Americans are paralyzed in a debate fueled by vast amounts of greed - corporate energy company money and the Republican party. Climate Change Believers vs. Climate Change Deniers - the noise of the debate leaves no middle ground for rational action or the creation of effective policy. Most deniers, except for the real crazies, secretly believe the science. The vast majority on both sides, wouldn’t say it out loud, but their plan for a solution to climate change is to stop watering the lawn and turn the air conditioner up. That’ll probably work just fine for their family, too bad about some family in an African village. They have always had it rough anyway.

Our greed prevents any thought of cutting consumption to reduce carbon output. President Reagan, among his many “gifts” to the American people introduced the term, “Tree-hugger” -- branding anyone concerned about the environment over production and consumption as an Un-American wimp. Americans are a “I buy therefore, I am” nation. Do we really firmly intend to continue shopping and the rest of the planet be damned?
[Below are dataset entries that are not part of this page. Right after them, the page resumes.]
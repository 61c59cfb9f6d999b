// Documents from text.
ghost use Rattle.std.specs.Prelude.{◌≡◌, IfOk, IfErr};
ghost use Rattle.bound_cert.specs.Documents.{document_text};
ghost use Rattle.bound_cert.specs.Errors.{IsBadAt};

use crate::doc_error::DocError;
use crate::document::Document;
use crate::heading_reading::heading_of;
use crate::line_list::lines_of;
use crate::node_reading::nodes_of;
use std::alloc::Global;

/// The document that a text is.
///
/// # Errors
///
/// `Bad` with the first line that breaks the form of documents, where the text is in no document's form, and `Memory`
/// where memory runs out.
pub fn read_document(alloc: Global, text: &[u8]) -> Result<Document, DocError>
    ensures found { IfOk result (λ d. text.now ≡ document_text d.heading d.nodes) }
    ensures bad { IfErr result (IsBadAt text.now) }
{
    let lines = lines_of(alloc, text)?;
    let (heading, rest) = heading_of(alloc, &lines)?;
    let nodes = nodes_of(alloc, rest)?;
    Ok(Document { heading, nodes })
}
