// The nodes of a certificate's tree.
ghost use Rattle.std.specs.Prelude.{◌≡◌};

use crate::multipliers::Multipliers;
use crate::set_text::SetText;
use std::marker::Model;

/// A node of a tree by itself: a branching on a file with its mix, or a leaf with the reason why its node is closed.
#[derive(Drop)]
pub enum NodeLine {
    Branch {
        file: u32,
        first: SetText,
        second: SetText,
        alpha: u64,
        beta: u64,
    },
    Low,
    High,
    Leaf(Multipliers),
}

/// The nodes of a tree in preorder, the out child first.
#[derive(Drop)]
pub struct NodeLines {
    list: Vec<NodeLine>,
}

impl Model for NodeLines {
    ghost use Rattle.std.specs.Prelude.{List};
    ghost use Rattle.bound_cert.specs.declared.node_line.NodeLine.{NodeLine};

    ghost Value = { List NodeLine };

    ghost view = { λ n. n.list.items };
}

impl NodeLines {
    /// Nodes from their list.
    pub fn new(list: Vec<NodeLine>) -> Self
        ensures { result ≡ list.items }
    {
        NodeLines { list }
    }

    /// The nodes, in order.
    pub fn list(&self) -> &[NodeLine]
        ensures { result.now ≡ self.now }
    {
        &self.list
    }
}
We think we’ll be okay, because we believe that our cities and our way of life will somehow be saved by our wonderful technology and not by our poorly funded science programs. Back in the sixties Star Trek predicted that we would take five-year voyages to discover distant worlds, communicate with tiny hand-held devices and talk to each other on giant screens. It did warn us that bad decisions can generate disasters on a planetary scale, but it also gave us a fictional confidence that  push a few buttons and technology can solve our problems instantly without the need to dedicate large amounts of tax money, effort, and resources to solutions that can be applied globally in developed and developing countries.

Meanwhile, the temperature is rising, and those of us who are rational are forced to confront the fact that something has gone terribly wrong with the process of creating and implementing solutions to real dangers. Below are two headlines from this week - May 6 - illuminating our paralyzed condition:

U.S. Climate Has Already Changed, Study Finds, Citing Heat and Floods
“Climate change, once considered an issue for a distant future, has moved firmly into the present,” the scientists declared in a major new report assessing the situation in the United States.

GOP rejects grim White House climate change report,
Republicans vowed Tuesday to fight back against the Obama administration’s regulatory agenda, dismissing the White House’s massive new climate change report as nothing more than a “political document intended to frighten Americans.”